━━━ PROVIDED RECORDS

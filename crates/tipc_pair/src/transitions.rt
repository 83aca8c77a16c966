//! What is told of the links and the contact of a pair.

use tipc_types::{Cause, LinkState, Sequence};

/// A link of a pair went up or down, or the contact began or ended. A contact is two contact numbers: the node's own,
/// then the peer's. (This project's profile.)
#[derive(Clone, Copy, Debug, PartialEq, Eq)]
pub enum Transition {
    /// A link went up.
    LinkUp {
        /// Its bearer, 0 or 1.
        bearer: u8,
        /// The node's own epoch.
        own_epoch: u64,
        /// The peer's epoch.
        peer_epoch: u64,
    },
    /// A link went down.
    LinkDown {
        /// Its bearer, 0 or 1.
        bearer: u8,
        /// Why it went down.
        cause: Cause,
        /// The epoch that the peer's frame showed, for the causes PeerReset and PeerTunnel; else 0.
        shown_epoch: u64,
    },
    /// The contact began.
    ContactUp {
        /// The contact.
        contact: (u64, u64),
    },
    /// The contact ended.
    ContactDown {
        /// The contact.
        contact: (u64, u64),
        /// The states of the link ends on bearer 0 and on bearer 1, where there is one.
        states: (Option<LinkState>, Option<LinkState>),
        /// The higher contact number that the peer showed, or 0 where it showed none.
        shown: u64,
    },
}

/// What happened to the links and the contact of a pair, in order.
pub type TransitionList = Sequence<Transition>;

━━━━━━
━━━ PROVIDED RECORDS

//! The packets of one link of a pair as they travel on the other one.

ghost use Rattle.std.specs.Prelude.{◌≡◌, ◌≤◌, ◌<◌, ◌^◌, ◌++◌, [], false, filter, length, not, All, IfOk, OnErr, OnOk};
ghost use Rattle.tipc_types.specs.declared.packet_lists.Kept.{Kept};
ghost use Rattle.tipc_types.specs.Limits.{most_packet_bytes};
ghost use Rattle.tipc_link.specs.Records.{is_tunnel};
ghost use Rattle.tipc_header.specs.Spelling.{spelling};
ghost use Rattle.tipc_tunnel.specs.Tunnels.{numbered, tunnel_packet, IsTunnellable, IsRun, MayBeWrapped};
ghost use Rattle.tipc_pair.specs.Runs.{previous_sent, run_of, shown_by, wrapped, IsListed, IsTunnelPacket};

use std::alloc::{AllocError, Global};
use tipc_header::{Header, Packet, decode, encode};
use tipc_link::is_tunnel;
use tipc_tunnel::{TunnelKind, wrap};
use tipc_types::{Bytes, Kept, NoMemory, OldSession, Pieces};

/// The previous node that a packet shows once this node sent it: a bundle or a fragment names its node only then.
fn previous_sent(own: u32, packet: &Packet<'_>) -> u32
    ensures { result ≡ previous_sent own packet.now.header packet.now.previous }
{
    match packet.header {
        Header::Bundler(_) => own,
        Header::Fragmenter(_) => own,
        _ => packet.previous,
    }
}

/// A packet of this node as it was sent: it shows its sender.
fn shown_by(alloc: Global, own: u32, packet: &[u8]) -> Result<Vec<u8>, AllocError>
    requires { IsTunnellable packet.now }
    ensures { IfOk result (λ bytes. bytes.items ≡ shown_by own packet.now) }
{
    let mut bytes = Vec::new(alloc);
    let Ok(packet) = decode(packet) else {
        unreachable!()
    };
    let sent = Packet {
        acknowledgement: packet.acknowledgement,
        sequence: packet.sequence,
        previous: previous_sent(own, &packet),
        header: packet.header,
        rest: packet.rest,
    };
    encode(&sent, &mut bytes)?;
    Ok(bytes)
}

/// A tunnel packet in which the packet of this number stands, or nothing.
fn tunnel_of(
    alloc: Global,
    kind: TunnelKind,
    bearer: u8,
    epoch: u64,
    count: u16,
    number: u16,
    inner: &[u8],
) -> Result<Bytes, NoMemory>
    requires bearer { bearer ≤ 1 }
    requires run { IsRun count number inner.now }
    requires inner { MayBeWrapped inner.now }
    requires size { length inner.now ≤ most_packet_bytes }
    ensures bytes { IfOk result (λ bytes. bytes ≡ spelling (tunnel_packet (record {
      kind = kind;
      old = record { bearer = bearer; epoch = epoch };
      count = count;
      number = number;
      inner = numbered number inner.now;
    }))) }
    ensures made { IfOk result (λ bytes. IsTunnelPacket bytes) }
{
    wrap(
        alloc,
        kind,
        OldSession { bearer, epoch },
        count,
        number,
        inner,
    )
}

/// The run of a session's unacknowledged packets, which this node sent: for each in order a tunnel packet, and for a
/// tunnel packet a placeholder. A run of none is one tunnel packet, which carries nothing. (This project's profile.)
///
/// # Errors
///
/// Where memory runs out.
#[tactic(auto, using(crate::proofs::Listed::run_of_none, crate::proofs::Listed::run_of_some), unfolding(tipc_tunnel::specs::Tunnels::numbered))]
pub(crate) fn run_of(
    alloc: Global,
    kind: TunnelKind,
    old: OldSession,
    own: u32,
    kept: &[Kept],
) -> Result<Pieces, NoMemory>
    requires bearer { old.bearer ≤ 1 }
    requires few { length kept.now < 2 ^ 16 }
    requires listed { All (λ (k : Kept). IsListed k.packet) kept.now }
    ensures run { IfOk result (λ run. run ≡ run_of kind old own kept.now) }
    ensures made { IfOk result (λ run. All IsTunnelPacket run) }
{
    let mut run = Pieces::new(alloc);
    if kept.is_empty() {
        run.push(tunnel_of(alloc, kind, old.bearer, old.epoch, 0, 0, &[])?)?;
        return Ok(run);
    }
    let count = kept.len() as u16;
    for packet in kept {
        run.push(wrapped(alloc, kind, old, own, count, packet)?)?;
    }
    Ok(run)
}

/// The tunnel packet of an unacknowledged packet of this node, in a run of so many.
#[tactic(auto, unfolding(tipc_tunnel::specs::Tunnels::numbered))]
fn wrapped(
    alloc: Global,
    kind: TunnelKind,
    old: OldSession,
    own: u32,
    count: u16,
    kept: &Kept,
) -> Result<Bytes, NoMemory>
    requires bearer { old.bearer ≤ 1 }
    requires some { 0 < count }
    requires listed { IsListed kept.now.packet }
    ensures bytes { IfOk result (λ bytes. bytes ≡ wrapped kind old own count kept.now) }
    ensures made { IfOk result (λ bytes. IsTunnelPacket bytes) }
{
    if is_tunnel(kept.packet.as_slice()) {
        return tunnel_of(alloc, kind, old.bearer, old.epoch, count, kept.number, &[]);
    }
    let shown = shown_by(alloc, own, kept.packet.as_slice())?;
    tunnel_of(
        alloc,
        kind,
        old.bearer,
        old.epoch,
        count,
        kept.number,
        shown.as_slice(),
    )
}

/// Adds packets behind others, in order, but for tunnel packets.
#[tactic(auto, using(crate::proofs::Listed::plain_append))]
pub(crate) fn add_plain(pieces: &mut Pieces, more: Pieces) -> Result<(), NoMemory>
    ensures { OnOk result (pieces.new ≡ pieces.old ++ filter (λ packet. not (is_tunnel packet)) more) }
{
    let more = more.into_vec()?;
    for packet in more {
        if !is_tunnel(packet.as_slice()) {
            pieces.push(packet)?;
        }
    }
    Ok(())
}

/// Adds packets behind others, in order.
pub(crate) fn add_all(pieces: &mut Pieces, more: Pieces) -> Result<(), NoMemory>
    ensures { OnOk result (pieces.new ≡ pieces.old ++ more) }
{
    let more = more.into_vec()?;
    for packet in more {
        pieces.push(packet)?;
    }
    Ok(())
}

━━━━━━

■ TRY IT:
Lines above containing "requires": how many? Reply with the number only.

■ SOLUTION TO THIS EXERCISE:
11